## Exercise goal
Working through the lines below, return each one that holds "cross".

Stored items:

○ ○ ○ ○ ○ ○ ○

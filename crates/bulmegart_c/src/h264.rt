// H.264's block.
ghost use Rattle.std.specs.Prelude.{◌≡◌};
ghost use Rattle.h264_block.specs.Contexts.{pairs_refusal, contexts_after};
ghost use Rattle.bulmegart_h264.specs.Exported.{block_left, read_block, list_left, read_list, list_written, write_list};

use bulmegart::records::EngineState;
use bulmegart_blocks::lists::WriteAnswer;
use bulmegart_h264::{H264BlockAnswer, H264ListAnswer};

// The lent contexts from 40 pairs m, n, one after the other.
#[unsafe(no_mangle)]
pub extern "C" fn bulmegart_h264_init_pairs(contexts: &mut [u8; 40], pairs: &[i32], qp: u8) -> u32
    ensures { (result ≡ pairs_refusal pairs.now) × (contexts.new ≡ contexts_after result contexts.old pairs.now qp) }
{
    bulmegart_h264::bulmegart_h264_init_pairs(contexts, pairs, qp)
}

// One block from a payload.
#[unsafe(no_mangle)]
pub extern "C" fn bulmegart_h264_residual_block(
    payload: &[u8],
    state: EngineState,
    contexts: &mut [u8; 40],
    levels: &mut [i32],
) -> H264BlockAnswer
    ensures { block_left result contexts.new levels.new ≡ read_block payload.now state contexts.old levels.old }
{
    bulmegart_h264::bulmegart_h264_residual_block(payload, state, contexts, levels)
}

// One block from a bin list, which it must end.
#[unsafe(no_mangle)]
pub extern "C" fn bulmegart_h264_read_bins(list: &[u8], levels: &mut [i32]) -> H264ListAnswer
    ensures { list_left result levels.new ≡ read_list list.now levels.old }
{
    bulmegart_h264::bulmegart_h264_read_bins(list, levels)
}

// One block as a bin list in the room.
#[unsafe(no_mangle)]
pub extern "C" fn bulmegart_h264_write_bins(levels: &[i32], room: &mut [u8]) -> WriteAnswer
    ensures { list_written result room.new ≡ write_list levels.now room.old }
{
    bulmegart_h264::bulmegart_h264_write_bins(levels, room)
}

○ ○ ○ ○ ○ ○ ○

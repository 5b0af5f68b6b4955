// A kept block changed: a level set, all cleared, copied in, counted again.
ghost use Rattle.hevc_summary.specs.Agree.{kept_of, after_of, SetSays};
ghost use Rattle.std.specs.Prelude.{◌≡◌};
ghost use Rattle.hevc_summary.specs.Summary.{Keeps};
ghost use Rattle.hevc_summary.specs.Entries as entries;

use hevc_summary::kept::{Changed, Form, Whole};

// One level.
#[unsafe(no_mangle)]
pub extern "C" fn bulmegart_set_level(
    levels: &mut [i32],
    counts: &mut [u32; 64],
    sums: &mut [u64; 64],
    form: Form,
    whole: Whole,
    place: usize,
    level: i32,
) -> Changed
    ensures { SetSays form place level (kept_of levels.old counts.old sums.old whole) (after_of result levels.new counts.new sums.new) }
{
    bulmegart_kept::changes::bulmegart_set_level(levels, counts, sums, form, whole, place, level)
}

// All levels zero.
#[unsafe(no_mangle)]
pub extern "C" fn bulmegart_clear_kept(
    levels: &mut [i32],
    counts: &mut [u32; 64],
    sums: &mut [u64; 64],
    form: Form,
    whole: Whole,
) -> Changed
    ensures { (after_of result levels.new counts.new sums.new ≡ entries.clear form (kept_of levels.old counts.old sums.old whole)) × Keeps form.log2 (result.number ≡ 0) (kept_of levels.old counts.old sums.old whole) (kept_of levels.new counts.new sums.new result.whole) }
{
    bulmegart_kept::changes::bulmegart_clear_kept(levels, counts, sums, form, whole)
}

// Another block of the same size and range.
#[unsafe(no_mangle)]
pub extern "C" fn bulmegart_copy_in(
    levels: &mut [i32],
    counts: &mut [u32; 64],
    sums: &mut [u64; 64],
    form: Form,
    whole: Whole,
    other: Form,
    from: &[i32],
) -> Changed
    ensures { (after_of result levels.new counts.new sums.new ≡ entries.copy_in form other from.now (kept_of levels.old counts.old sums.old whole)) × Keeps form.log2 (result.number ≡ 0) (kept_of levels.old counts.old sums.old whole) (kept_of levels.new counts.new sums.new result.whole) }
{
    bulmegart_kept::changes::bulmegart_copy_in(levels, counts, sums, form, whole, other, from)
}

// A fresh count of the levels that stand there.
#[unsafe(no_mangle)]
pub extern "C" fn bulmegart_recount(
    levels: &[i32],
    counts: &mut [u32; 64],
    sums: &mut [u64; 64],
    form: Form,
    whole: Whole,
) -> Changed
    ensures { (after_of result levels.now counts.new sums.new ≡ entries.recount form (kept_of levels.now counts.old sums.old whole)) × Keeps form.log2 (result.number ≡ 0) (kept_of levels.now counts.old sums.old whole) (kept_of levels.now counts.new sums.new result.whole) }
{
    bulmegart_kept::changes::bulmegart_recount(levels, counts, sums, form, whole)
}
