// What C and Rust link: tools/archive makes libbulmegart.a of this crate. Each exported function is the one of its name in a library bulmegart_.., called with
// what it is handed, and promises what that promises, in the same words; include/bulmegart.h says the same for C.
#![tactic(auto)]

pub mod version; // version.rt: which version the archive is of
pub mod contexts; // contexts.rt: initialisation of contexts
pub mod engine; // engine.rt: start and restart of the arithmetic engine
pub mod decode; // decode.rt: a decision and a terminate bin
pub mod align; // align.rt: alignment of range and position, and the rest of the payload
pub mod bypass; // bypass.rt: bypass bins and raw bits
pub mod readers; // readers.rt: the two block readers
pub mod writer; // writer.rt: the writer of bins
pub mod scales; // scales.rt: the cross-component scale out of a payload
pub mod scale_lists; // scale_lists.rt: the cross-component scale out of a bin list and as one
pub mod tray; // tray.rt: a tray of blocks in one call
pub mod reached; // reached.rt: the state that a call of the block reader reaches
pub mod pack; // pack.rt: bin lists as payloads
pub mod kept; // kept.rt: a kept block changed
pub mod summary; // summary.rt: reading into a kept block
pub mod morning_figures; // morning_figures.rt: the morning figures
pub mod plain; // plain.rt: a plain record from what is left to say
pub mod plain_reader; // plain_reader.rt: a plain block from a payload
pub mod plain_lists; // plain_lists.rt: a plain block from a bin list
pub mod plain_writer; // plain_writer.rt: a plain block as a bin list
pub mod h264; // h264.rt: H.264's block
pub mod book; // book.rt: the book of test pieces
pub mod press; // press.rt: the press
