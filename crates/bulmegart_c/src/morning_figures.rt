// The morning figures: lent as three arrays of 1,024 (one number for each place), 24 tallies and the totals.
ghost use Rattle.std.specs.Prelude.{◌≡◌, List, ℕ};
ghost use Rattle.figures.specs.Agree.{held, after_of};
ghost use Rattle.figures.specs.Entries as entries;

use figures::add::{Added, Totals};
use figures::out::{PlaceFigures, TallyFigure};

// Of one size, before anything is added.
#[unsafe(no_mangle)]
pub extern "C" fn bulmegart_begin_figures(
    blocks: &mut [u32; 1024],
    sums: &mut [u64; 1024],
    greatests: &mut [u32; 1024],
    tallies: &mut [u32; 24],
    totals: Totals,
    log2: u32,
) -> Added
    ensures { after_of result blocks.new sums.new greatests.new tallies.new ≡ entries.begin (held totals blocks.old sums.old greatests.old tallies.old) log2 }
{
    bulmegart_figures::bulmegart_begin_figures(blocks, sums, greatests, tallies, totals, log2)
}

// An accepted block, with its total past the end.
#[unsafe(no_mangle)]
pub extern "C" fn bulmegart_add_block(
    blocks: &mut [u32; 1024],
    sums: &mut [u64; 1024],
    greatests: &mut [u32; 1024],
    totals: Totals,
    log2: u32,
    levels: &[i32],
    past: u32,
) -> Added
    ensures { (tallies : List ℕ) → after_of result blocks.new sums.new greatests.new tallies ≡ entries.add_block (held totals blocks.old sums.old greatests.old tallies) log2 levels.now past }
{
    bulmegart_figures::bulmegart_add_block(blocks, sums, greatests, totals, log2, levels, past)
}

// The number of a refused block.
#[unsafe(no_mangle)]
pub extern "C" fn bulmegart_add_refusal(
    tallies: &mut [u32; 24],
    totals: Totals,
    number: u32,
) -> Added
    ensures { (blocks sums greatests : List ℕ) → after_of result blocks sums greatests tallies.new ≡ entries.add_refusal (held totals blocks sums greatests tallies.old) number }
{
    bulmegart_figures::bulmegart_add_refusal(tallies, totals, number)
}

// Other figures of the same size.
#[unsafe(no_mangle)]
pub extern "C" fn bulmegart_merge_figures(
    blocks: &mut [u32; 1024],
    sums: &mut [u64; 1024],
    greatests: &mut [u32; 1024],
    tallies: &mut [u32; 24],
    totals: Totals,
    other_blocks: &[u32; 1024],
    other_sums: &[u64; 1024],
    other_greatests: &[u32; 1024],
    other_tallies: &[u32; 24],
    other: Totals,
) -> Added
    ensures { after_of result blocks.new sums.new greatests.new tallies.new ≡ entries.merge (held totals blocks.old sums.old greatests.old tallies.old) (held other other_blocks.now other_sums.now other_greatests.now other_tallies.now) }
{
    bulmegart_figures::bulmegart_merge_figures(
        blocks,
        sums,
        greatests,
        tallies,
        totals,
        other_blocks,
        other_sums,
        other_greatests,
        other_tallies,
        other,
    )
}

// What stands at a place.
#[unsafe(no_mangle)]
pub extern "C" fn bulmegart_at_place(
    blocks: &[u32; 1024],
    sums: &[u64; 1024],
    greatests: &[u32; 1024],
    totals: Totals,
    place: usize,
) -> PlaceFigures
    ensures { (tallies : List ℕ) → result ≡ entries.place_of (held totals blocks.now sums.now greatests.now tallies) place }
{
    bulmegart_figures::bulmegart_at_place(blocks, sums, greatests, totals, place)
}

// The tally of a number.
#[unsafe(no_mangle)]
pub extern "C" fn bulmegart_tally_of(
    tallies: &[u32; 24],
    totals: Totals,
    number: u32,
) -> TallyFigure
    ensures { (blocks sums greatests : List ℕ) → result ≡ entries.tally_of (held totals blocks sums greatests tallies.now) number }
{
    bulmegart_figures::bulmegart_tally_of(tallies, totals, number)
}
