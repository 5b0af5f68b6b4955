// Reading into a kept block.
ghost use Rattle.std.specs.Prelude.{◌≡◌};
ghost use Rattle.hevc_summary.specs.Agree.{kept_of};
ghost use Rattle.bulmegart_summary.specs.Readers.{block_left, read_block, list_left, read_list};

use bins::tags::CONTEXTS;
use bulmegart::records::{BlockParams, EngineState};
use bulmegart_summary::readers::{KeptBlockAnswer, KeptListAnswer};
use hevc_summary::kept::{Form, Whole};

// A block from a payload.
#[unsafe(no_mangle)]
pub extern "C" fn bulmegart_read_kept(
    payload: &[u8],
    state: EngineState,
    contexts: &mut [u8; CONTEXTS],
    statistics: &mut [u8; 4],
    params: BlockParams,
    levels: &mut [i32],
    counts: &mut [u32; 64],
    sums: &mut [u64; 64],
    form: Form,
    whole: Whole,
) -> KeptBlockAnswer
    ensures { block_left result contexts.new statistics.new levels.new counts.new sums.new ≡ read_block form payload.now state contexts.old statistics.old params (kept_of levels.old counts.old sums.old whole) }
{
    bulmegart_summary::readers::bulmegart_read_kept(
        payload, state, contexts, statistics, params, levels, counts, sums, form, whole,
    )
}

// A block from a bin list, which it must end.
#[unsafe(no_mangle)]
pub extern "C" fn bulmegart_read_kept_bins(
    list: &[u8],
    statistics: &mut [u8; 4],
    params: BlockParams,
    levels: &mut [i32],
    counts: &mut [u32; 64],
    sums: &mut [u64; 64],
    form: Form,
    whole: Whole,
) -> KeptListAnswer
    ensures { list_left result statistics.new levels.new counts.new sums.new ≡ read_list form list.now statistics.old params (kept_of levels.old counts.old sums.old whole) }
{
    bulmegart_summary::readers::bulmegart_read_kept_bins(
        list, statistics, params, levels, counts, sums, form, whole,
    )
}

○ ○ ○ ○ ○ ○ ○

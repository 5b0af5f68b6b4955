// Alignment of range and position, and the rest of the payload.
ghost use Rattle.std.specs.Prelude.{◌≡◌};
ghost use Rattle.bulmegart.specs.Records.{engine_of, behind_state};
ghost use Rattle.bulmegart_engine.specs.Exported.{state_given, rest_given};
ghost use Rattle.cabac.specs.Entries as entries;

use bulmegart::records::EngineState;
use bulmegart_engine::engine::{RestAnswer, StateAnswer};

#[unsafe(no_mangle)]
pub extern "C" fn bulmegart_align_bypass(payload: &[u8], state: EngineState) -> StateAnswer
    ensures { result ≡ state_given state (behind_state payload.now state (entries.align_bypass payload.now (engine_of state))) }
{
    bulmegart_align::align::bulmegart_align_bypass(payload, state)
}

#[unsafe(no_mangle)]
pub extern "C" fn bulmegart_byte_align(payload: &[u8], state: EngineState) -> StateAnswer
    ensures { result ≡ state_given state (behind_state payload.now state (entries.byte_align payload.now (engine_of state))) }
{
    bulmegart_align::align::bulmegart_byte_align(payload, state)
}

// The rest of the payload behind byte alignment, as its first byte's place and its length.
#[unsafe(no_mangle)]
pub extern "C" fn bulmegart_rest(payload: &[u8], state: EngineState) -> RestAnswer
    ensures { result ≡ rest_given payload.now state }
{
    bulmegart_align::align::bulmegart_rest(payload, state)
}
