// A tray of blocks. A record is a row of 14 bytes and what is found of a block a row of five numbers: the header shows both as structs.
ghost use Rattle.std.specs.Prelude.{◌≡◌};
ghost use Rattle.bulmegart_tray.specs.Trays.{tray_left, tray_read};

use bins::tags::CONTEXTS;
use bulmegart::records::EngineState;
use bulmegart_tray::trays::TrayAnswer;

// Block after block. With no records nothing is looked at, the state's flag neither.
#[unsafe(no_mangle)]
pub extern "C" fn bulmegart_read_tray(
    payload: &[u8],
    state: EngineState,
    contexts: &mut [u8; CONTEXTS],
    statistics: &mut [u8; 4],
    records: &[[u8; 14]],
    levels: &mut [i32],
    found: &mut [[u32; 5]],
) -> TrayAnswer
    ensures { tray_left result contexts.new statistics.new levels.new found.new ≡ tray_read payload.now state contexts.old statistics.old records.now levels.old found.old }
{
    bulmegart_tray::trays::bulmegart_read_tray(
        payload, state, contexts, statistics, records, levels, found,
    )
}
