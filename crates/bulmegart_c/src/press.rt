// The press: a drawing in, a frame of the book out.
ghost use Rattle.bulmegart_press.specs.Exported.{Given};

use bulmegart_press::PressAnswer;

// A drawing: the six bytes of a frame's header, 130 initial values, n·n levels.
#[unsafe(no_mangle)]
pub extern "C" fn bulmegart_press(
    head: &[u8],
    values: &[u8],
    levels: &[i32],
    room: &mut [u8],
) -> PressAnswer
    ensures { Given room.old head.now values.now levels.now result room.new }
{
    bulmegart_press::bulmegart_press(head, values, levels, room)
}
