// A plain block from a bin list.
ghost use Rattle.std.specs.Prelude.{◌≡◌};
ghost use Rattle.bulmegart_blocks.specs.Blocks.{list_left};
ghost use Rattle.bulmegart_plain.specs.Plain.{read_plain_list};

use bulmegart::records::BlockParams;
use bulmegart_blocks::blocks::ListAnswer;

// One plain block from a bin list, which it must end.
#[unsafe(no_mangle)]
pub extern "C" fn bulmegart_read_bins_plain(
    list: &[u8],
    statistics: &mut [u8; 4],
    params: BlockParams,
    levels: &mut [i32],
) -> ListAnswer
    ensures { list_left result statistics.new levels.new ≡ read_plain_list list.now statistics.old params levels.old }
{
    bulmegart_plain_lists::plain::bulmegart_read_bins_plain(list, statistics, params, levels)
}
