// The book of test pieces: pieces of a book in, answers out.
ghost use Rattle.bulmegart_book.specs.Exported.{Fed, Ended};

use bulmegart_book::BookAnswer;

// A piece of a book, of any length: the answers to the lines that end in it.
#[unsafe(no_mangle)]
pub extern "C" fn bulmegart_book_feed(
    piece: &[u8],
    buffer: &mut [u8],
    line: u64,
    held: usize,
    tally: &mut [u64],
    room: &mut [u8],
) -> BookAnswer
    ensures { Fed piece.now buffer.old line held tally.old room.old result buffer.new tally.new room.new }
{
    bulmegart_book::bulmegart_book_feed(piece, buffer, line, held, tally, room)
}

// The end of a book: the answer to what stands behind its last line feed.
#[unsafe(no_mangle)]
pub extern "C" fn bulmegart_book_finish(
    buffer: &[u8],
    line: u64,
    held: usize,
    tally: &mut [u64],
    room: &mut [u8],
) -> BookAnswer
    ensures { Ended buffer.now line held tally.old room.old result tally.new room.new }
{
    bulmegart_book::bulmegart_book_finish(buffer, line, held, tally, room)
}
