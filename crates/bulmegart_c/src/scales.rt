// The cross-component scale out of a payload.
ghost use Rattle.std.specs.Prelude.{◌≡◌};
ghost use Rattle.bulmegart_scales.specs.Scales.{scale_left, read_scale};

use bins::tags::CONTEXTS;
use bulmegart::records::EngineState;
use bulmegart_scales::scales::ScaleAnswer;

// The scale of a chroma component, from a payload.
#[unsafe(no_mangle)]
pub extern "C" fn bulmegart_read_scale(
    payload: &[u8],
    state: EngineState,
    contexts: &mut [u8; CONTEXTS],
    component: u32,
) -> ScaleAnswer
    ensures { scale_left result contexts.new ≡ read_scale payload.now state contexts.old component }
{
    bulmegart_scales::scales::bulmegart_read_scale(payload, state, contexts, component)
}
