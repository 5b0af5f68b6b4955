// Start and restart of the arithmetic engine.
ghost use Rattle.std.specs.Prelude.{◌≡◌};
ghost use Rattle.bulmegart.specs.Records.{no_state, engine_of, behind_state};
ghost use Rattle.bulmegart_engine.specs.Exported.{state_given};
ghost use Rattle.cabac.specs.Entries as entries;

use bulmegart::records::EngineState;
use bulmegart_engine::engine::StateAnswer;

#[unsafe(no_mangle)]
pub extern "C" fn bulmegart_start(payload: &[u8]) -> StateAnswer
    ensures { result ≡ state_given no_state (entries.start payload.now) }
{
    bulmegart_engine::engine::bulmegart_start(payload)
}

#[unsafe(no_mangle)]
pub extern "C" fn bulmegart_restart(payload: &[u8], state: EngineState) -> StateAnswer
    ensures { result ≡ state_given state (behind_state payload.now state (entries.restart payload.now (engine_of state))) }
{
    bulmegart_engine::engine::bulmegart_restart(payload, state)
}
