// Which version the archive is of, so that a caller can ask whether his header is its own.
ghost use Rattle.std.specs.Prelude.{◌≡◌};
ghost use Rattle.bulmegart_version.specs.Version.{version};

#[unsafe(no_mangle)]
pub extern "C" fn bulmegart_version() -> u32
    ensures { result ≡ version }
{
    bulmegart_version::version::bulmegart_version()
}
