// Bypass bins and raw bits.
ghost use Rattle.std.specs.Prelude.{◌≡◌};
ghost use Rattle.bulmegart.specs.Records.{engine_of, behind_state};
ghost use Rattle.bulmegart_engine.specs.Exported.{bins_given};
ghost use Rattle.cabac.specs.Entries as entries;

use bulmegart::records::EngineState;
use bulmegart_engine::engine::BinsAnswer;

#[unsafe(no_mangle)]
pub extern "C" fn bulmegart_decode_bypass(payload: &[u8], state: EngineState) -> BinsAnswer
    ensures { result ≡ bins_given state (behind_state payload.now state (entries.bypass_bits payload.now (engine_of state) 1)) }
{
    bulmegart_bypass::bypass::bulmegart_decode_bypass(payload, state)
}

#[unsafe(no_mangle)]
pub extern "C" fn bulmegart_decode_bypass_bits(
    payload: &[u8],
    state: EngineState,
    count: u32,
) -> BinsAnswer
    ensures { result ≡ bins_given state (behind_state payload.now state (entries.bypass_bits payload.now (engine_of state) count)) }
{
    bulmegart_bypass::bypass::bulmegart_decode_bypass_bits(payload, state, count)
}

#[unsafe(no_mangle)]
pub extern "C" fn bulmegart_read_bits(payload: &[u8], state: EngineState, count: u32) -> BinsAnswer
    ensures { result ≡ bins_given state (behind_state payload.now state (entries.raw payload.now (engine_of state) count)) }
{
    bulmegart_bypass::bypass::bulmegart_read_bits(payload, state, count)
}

○ ○ ○ ○ ○ ○ ○

## Result for this task
pub mod scales; // scales.rt: the cross-component scale out of a payload
pub mod scale_lists; // scale_lists.rt: the cross-component scale out of a bin list and as one
// The cross-component scale out of a payload.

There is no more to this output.